For More Details: Civil engineering
Applications of Conjugate Beam
- A conjugate beam’s length is always equal to that of the actual beam.
- The M / EI representation of the loads on the main beam is the load on the conjugate beam.
- Simple support for the real beam remains simple.
- In this beam, a fixed end to the real beam becomes a free end.
- This beam is the zero shear point that corresponds to a zero slope point for the real beam.
- This beam is the maximum moment point that corresponds to a maximum deflection point for the real beam.

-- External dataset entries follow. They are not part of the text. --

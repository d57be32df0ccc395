// The kinds of statements.
ghost use Rattle.std.specs.Prelude.{◌≡◌};
ghost use Rattle.cs_model.specs.Kinds.{kind_of};

use crate::entry::Bound;

/// What kind a statement is of: whether it is one of the table, and whether it reads rows of it or writes them.
#[derive(Clone, Copy, Debug, PartialEq, Eq)]
pub enum Kind {
    /// BEGIN, COMMIT, ROLLBACK or SET: a statement without a table, about its session's transaction and settings.
    Control,
    /// INSERT: it writes rows that are new to the table.
    Insert,
    /// UPDATE or DELETE: it writes in the place of rows that it reads.
    Change,
    /// SELECT from the table: it reads rows and writes none.
    Query,
    /// SELECT from a report: it reads what the row groups are, and no row.
    Report,
    /// REORGANIZE: it moves the row groups, and reads and writes no row.
    Reorganize,
    /// A text that was refused.
    Refused,
}

impl Bound {
    /// The kind of the statement.
    pub fn kind(&self) -> Kind
        ensures { result ≡ kind_of self.now }
    {
        match self {
            Bound::Begin
            | Bound::Commit
            | Bound::Rollback
            | Bound::Nothing
            | Bound::Statistics(_) => Kind::Control,
            Bound::Insert(_) => Kind::Insert,
            Bound::Update(_) | Bound::Delete(_) => Kind::Change,
            Bound::Select(_) => Kind::Query,
            Bound::GroupReport | Bound::SegmentReport => Kind::Report,
            Bound::Reorganize { .. } => Kind::Reorganize,
            Bound::Refused(_) => Kind::Refused,
        }
    }
}
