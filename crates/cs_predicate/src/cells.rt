//! Where the cells of a row stand.

ghost use Rattle.std.specs.Prelude.{◌≡◌};
ghost use Rattle.cs_types.specs.Rows.{cell_at};
ghost use Rattle.cs_types.specs.Text.{loose_of};
ghost use Rattle.cs_predicate.specs.Sides.{lent};

use crate::side::Side;
use cs_types::{ColumnType, Row};

/// What has the cells of a row: a row, or places elsewhere where they stand.
pub trait Cells {
    ghost use Rattle.std.specs.Prelude.{List};
    ghost use Rattle.cs_types.specs.declared.Value.{Value as Cell};

    /// The row whose cells these are.
    ghost row_of: { Self → List Cell };

    /// What the cell of a column of this type lends, NULL past the row's end.
    fn side(&self, kind: ColumnType, column: usize) -> Side<'_>
        ensures { lent result ≡ loose_of kind (cell_at (row_of self.now) column) };
}

impl Cells for Row {
    ghost row_of = { λ row. row };

    fn side(&self, kind: ColumnType, column: usize) -> Side<'_> {
        Side::of_value(kind, self.cell(column))
    }
}
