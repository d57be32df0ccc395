// The text of an event.
ghost use Rattle.std.specs.Prelude.{◌≡◌, ◌++◌, All, OnOk, OnErr, IsTrue, codes, decimal};
ghost use Rattle.std.specs.List.{flat_map};
ghost use Rattle.cs_types.specs.Text.{IsPrintable};
ghost use Rattle.cs_model.specs.Works.{session_text};
ghost use Rattle.cs_model.specs.Text.{next_cell, cells_text, key_kind, key_text, valued_text, refusal_text, segments_lines, ok_line, head_line, under_lines, statement_text, lines_text, entry_text, IsPrintableKey, IsPrintableRefusal, IsPrintableReply, IsPrintableEntry};
ghost use Rattle.cs_types.specs.Kinds.{keeps};
ghost use Rattle.cs_types.specs.declared.Value.TheVariants as value;

use crate::entry::{AnswerRow, Entry, Refusal, Reply};
use crate::print_lines::{ReplyLine, append_lines};
use crate::print_work::{append_actor, append_work};
use cs_base::Memory;
use cs_types::{ColumnType, Key, Line, Loose, Schema, Value, print_loose, print_value};
use std::alloc::Global;

/// Adds cells, each after a comma and a space.
fn append_next_cells(cells: &[Loose], line: &mut Line) -> Result<(), Memory>
    requires { All IsPrintable cells.now }
    ensures { OnOk result (line.new ≡ line.old ++ flat_map next_cell cells.now) }
{
    for cell in cells {
        line.append(b", ")?;
        print_loose(cell, line)?;
    }
    Ok(())
}

/// Adds the cells of a row, joined by a comma and a space.
fn append_cells(cells: &[Loose], line: &mut Line) -> Result<(), Memory>
    requires { All IsPrintable cells.now }
    ensures { OnOk result (line.new ≡ line.old ++ cells_text cells.now) }
{
    let Some((first, others)) = cells.split_first() else {
        return Ok(());
    };
    print_loose(first, line)?;
    append_next_cells(others, line)
}

impl ReplyLine for AnswerRow {
    ghost use Rattle.cs_model.specs.Text.{row_line, IsPrintableRow};

    ghost is_printable = { λ _ row. IsPrintableRow row };

    ghost line_of = { λ _ row. row_line row };

    fn append_to(&self, _schema: &Schema, line: &mut Line) -> Result<(), Memory> {
        line.append(b"  ")?;
        append_cells(self.as_slice(), line)
    }
}

/// The type of the key's column.
fn key_kind(schema: &Schema) -> ColumnType
    ensures { result ≡ key_kind schema.now }
{
    match schema.columns.get(schema.key) {
        Some(column) => column.kind,
        None => ColumnType::BigInt,
    }
}

/// Adds a key, printed by its column's type.
fn append_key(schema: &Schema, key: Key, line: &mut Line) -> Result<(), Memory>
    requires { IsPrintableKey schema.now key }
    ensures { OnOk result (line.new ≡ line.old ++ key_text schema.now key) }
{
    print_value(key_kind(schema), &Value::Number(key.0), line)
}

/// Adds the refusal of a value, by its row and column.
fn append_valued(number: u32, row: u64, column: u32, line: &mut Line) -> Result<(), Memory>
    ensures { OnOk result (line.new ≡ line.old ++ valued_text number row column) }
{
    line.append(b"error ")?;
    line.append_number(number as u64)?;
    line.append(b" row ")?;
    line.append_number(row)?;
    line.append(b" column ")?;
    line.append_number(column as u64)
}

/// Adds the transaction that stands in the way of a write.
fn append_txn(txn: u64, line: &mut Line) -> Result<(), Memory>
    ensures { OnOk result (line.new ≡ line.old ++ codes " transaction " ++ decimal txn) }
{
    line.append(b" transaction ")?;
    line.append_number(txn)
}

/// Adds the commit that stands in the way of a write, with its transaction.
fn append_commit(txn: u64, commit: u64, line: &mut Line) -> Result<(), Memory>
    ensures { OnOk result (line.new ≡ line.old ++ codes " transaction " ++ decimal txn ++ codes " commit " ++ decimal commit) }
{
    append_txn(txn, line)?;
    line.append(b" commit ")?;
    line.append_number(commit)
}

/// Adds the refusal of a write of a key that another transaction has written.
fn append_locked(schema: &Schema, key: Key, txn: u64, line: &mut Line) -> Result<(), Memory>
    requires { IsPrintableKey schema.now key }
    ensures { OnOk result (line.new ≡ line.old ++ codes "error 1222 key " ++ key_text schema.now key ++ codes " transaction " ++ decimal txn) }
{
    line.append(b"error 1222 key ")?;
    append_key(schema, key, line)?;
    append_txn(txn, line)
}

/// Adds the refusal of a write of a key that was changed above the snapshot.
fn append_changed(
    schema: &Schema,
    key: Key,
    txn: u64,
    commit: u64,
    line: &mut Line,
) -> Result<(), Memory>
    requires { IsPrintableKey schema.now key }
    ensures { OnOk result (line.new ≡ line.old ++ codes "error 3960 key " ++ key_text schema.now key ++ codes " transaction " ++ decimal txn ++ codes " commit " ++ decimal commit) }
{
    line.append(b"error 3960 key ")?;
    append_key(schema, key, line)?;
    append_commit(txn, commit, line)
}

fn append_refusal(schema: &Schema, refusal: Refusal, line: &mut Line) -> Result<(), Memory>
    requires { IsPrintableRefusal schema.now refusal }
    ensures { OnOk result (line.new ≡ line.old ++ refusal_text schema.now refusal) }
{
    match refusal {
        Refusal::Reading { number, at } => {
            line.append(b"error ")?;
            line.append_number(number as u64)?;
            line.append(b" at ")?;
            line.append_number(at as u64)
        }
        Refusal::Valued {
            number,
            row,
            column,
        } => append_valued(number, row, column, line),
        Refusal::Locked { key, txn } => append_locked(schema, key, txn, line),
        Refusal::Changed { key, txn, commit } => append_changed(schema, key, txn, commit, line),
        Refusal::Duplicate { key } => {
            line.append(b"error 2627 key ")?;
            append_key(schema, key, line)
        }
        Refusal::NoTxn { number } => {
            line.append(b"error ")?;
            line.append_number(number as u64)
        }
        Refusal::Memory => line.append(b"error 701"),
    }
}

/// Adds `ok`, a count and what is counted.
fn append_ok(count: u64, counted: &[u8], line: &mut Line) -> Result<(), Memory>
    ensures { OnOk result (line.new ≡ line.old ++ ok_line count counted.now) }
{
    line.append(b"ok ")?;
    line.append_number(count)?;
    line.append(counted)
}

/// Adds the line that a reply begins with, without the byte 10 at its end.
fn append_head(schema: &Schema, reply: &Reply, line: &mut Line) -> Result<(), Memory>
    requires { IsPrintableReply schema.now reply.now }
    ensures { OnOk result (line.new ≡ line.old ++ head_line schema.now reply.now) }
{
    match reply {
        Reply::Done => line.append(b"ok"),
        Reply::Affected(count) => append_ok(*count, b" affected", line),
        Reply::Rows { rows, .. } => append_ok(rows.len() as u64, b" rows", line),
        Reply::Groups { lines, buffered } => {
            append_ok(lines.len() as u64, b" groups, ", line)?;
            line.append_number(*buffered)?;
            line.append(b" buffered")
        }
        Reply::Segments(lines) => append_ok(lines.len() as u64, b" segments", line),
        Reply::Left(groups) => append_ok(groups.len() as u64, b" left", line),
        Reply::Refused(refusal) => append_refusal(schema, *refusal, line),
    }
}

/// Adds the counts of segments, where there are some, with the byte 10 after them.
fn append_segment_counts(segments: Option<(u64, u64)>, line: &mut Line) -> Result<(), Memory>
    ensures { OnOk result (line.new ≡ line.old ++ lines_text (segments_lines segments)) }
{
    let Some((read, skipped)) = segments else {
        return Ok(());
    };
    line.append(b"  segments read ")?;
    line.append_number(read)?;
    line.append(b", skipped ")?;
    line.append_number(skipped)?;
    line.append(b"\n")
}

/// Adds the lines under a reply, each with the byte 10 after it.
fn append_under(schema: &Schema, reply: &Reply, line: &mut Line) -> Result<(), Memory>
    requires { IsPrintableReply schema.now reply.now }
    ensures { OnOk result (line.new ≡ line.old ++ lines_text (under_lines schema.now reply.now)) }
{
    match reply {
        Reply::Done | Reply::Affected(_) | Reply::Refused(_) => Ok(()),
        Reply::Rows { rows, segments } => {
            append_lines(schema, rows.as_slice(), line)?;
            append_segment_counts(*segments, line)
        }
        Reply::Groups { lines, .. } => append_lines(schema, lines.as_slice(), line),
        Reply::Segments(lines) => append_lines(schema, lines.as_slice(), line),
        Reply::Left(groups) => append_lines(schema, groups.as_slice(), line),
    }
}

/// Adds an event's number and its session.
fn append_session(event: u64, session: u32, line: &mut Line) -> Result<(), Memory>
    ensures { OnOk result (line.new ≡ line.old ++ decimal event ++ codes " " ++ session_text session) }
{
    line.append_number(event)?;
    line.append(b" s")?;
    line.append_number(session as u64)
}

/// Adds an event's number, its session and its statement's place there.
fn append_statement(event: u64, session: u32, place: u64, line: &mut Line) -> Result<(), Memory>
    ensures { OnOk result (line.new ≡ line.old ++ statement_text event session place) }
{
    append_session(event, session, line)?;
    line.append(b".")?;
    line.append_number(place)
}

/// Adds the text of an event; after `Memory` a prefix of it may stand in the line.
pub fn append_entry(
    schema: &Schema,
    event: u64,
    place: u64,
    entry: &Entry,
    line: &mut Line,
) -> Result<(), Memory>
    requires { IsPrintableEntry schema.now entry.now }
    ensures { OnOk result (line.new ≡ line.old ++ entry_text schema.now event place entry.now) }
{
    match entry {
        Entry::Start { session, .. } => {
            append_statement(event, *session, place, line)?;
            line.append(b" >\n")
        }
        Entry::Finish { session, reply } => {
            append_statement(event, *session, place, line)?;
            line.append(b" < ")?;
            append_head(schema, reply, line)?;
            line.append(b"\n")?;
            append_under(schema, reply, line)
        }
        Entry::End { session } => {
            append_session(event, *session, line)?;
            line.append(b" end\n")
        }
        Entry::Mover { actor, work } => {
            line.append_number(event)?;
            line.append(b" ")?;
            append_actor(*actor, line)?;
            line.append(b" ")?;
            append_work(*work, line)?;
            line.append(b"\n")
        }
    }
}

/// Adds the text of the event with this number, whose statement has this place in its session; both count from 1. After
/// `Memory` the line is as before.
pub fn print_entry(
    alloc: Global,
    schema: &Schema,
    event: u64,
    place: u64,
    entry: &Entry,
    line: &mut Line,
) -> Result<(), Memory>
    requires { IsPrintableEntry schema.now entry.now }
    ensures ok { OnOk result (line.new ≡ line.old ++ entry_text schema.now event place entry.now) }
    ensures err { OnErr result (line.new ≡ line.old) }
{
    let mut text = Line::new(alloc);
    append_entry(schema, event, place, entry, &mut text)?;
    line.append(text.as_slice())
}
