// What the expressions over a series read.
ghost use Rattle.std.specs.Prelude.{◌≡◌, IfOk};
ghost use Rattle.cs_model.specs.Series.{series_column, series_schema};

use cs_base::{Items, Memory};
use cs_types::{Column, ColumnType, Schema};
use std::alloc::Global;

fn series_column(alloc: Global) -> Result<Column, Memory>
    ensures { IfOk result (λ column. column ≡ series_column) }
{
    let name = b"value".to_vec(alloc)?;
    Ok(Column {
        name: Items::from_vec(name),
        kind: ColumnType::BigInt,
        nullable: false,
    })
}

/// What the expressions over a series read: a schema of the one column `value`, of its numbers, which are never NULL.
pub fn series_schema(alloc: Global) -> Result<Schema, Memory>
    ensures { IfOk result (λ schema. schema ≡ series_schema) }
{
    let name = b"GENERATE_SERIES".to_vec(alloc)?;
    let column = series_column(alloc)?;
    let mut columns = Items::new(alloc);
    columns.push(column)?;
    Ok(Schema {
        name: Items::from_vec(name),
        columns,
        key: 0,
    })
}
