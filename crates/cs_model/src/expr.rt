//! Expressions.

use cs_base::{Boxed, Items};
use cs_types::Loose;

/// What `*`, `/` and `%` do.
#[derive(Clone, Copy, Debug, PartialEq, Eq)]
pub enum Times {
    Multiply,
    Divide,
    Remainder,
}

/// An expression over the cells of a row.
#[cycle(expr)]
#[derive(Debug, Drop)]
pub enum Expr {
    /// A literal. It is not judged before it is fitted to a column.
    Constant(Loose),
    /// The cell of a column.
    Column(usize),
    /// A sign that does not belong to a number: `-` negates the part, `+` keeps it.
    Signed {
        minus: bool,
        part: Boxed<Expr>,
    },
    /// A chain of sums from the left. `true` is minus; there is at least one further part.
    Sum {
        first: Boxed<Expr>,
        rest: Items<(bool, Expr)>,
    },
    /// A chain of products, quotients and remainders from the left. There is at least one further part.
    Product {
        first: Boxed<Expr>,
        rest: Items<(Times, Expr)>,
    },
}
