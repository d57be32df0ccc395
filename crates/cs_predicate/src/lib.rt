//! Expressions and predicates over a row.
//!
//! Its one contract: `compute` gives exactly the value that the definition in specs/ gives an expression over a row, or
//! its refusal, `truth` exactly the truth value of a predicate, also where the cells of the row stand elsewhere (`truth_of`), and
//! `compare` that of one comparison. They answer for every bound form, row and schema. It stands on `cs_model`, which has the
//! bound forms and those definitions, and on `cs_types`, which has values, rows and schemas.
#![tactic(auto)]

mod arithmetic;
mod cells;
mod expression;
mod pattern;
mod predicate;
mod side;

pub use cells::Cells;
pub use expression::compute;
pub use pattern::is_like;
pub use predicate::{compare, truth, truth_of};
pub use side::Side;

The basis for the method originates from the Equations correlation. Equation 1, Equation 2, Equation 3 & Equation 4 Such calculations are shown below, in order to show this similarity.
Integrated the equations:
Procedure for Conjugate Beams
The following procedure provides a method that can be used with the conjugate-beam method to determine the displacement and deflection at a point on a beam’s elastic curve.
- For the main spotlight, draw the conjugate projector. The beam is of the same length as the main beam and has the necessary supports as mentioned above.
- In general, if the actual support allows a slope, the shear must be developed by the conjugate support; and if the real support allows a displacement, the conjugate support must develop for a moment.
- The beam in the conjugate is loaded with the M / EI diagram of the real beam. It is assumed that this loading is distributed over the beam and is directed upwards when M / EI is positive and downwards when M / EI is negative. This means that the loading always acts away from the beam.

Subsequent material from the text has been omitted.